Oil shale is most commonly defined a sedimentary rock containing organic matter rich in hydrogen, known as kerogen. When the rock is heated, the organic matter releases petroleum-like liquids. Oil shale deposits are widely distributed around the world – some 600 deposits in more than 30 countries are known, with resources of the associated shale oil totaling almost 500 billion tonnes, or approximately 3.2 trillion barrels. It is estimated that over 60% of this amount – roughly two trillion barrels – is located in the United States.
Oil shale deposits in the United States are predominantly in the Green River Formation, which is spread through parts of Colorado, Wyoming and Utah. Using a geology-based assessment methodology, the U.S. Geological Service estimates that 1.525 trillion barrels of oil are in place in seventeen oil shale zones in the Eocene Green River Formation in the Piceance Basin of western Colorado.
Oil shale can be used for several purposes: to obtain heat by direct combustion (for example, in the generation of electricity); to produce shale oil, and as a source of other valuable chemicals.
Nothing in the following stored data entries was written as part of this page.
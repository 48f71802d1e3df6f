//! The two steps of a core that a call makes for its completions, for C: `wulgach_core_cq_tail` and `wulgach_core_flush` of the header. They tell no more of the answer than such a step has.
ghost use Rattle.std.specs.Prelude.{◌≡◌, ◌↔◌, pos, neg_ℤ, None, IsSome};
ghost use Rattle.uring_entry.specs.declared.errno.TheConstants.{EBADF};
ghost use Rattle.uring_core.specs.declared.step.Step.TheVariants as step;
ghost use Rattle.uring_ffi_values.specs.Boxes.Places.{core_in};
ghost use Rattle.uring_ffi_values.specs.Cores.Stepping.{TellsWord, TellsNumber};

use std::alloc::Global;
use uring_entry::errno;
use uring_ffi_values::answer_words::{kind as kind_of, number as number_of, word as word_of};
use uring_ffi_values::core_place::CorePlace;
use uring_machine::Step;

/// Has the application load the completion ring's tail, and writes the kind of the answer, and its word, or 0. -9 exactly at an empty place; then nothing is written.
#[unsafe(no_mangle)]
pub extern "C" fn wulgach_core_cq_tail(
    alloc: Global,
    place: &mut CorePlace,
    kind: &mut u32,
    tail: &mut u32,
) -> i32
    ensures empty { (result ≡ neg_ℤ EBADF) ↔ (core_in place.old ≡ None) }
    ensures kept { core_in place.old ≡ None
        → (core_in place.new ≡ None) × (kind.new ≡ kind.old) × (tail.new ≡ tail.old) }
    ensures made { IsSome (core_in place.old)
        → (result ≡ pos 0)
        × TellsWord step.LoadCqTail (core_in place.old) (core_in place.new) kind.new tail.new }
{
    if !place.is_full {
        return -errno::EBADF;
    }
    let answer = place.step_in(&alloc, alloc, Step::LoadCqTail);
    *kind = kind_of(&answer);
    *tail = word_of(&answer);
    0
}

/// Has the dispatcher load the head and move what has overflowed into the ring, and writes the kind of the answer, and how many moved. -9 exactly at an empty place; then nothing is written.
#[unsafe(no_mangle)]
pub extern "C" fn wulgach_core_flush(
    alloc: Global,
    place: &mut CorePlace,
    kind: &mut u32,
    moved: &mut u64,
) -> i32
    ensures empty { (result ≡ neg_ℤ EBADF) ↔ (core_in place.old ≡ None) }
    ensures kept { core_in place.old ≡ None
        → (core_in place.new ≡ None) × (kind.new ≡ kind.old) × (moved.new ≡ moved.old) }
    ensures made { IsSome (core_in place.old)
        → (result ≡ pos 0)
        × TellsNumber step.Flush (core_in place.old) (core_in place.new) kind.new moved.new }
{
    if !place.is_full {
        return -errno::EBADF;
    }
    let answer = place.step_in(&alloc, alloc, Step::Flush);
    *kind = kind_of(&answer);
    *moved = number_of(&answer);
    0
}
The oil shale industry dates back to late 17th century Scotland, where oil was produced from heating oil shale. Oil shale pyrolysis was developed in France, where in 1832, a method for producing lighting oil was realized. During the 19th century oil shale thermal processing factories also operated in Australia, the United States, Brazil, Germany, and Scotland. During the 20th century oil shale processing factories were built in several countries, including China and Israel. However, later most of them were closed, largely due to the rapid development of crude oil industry.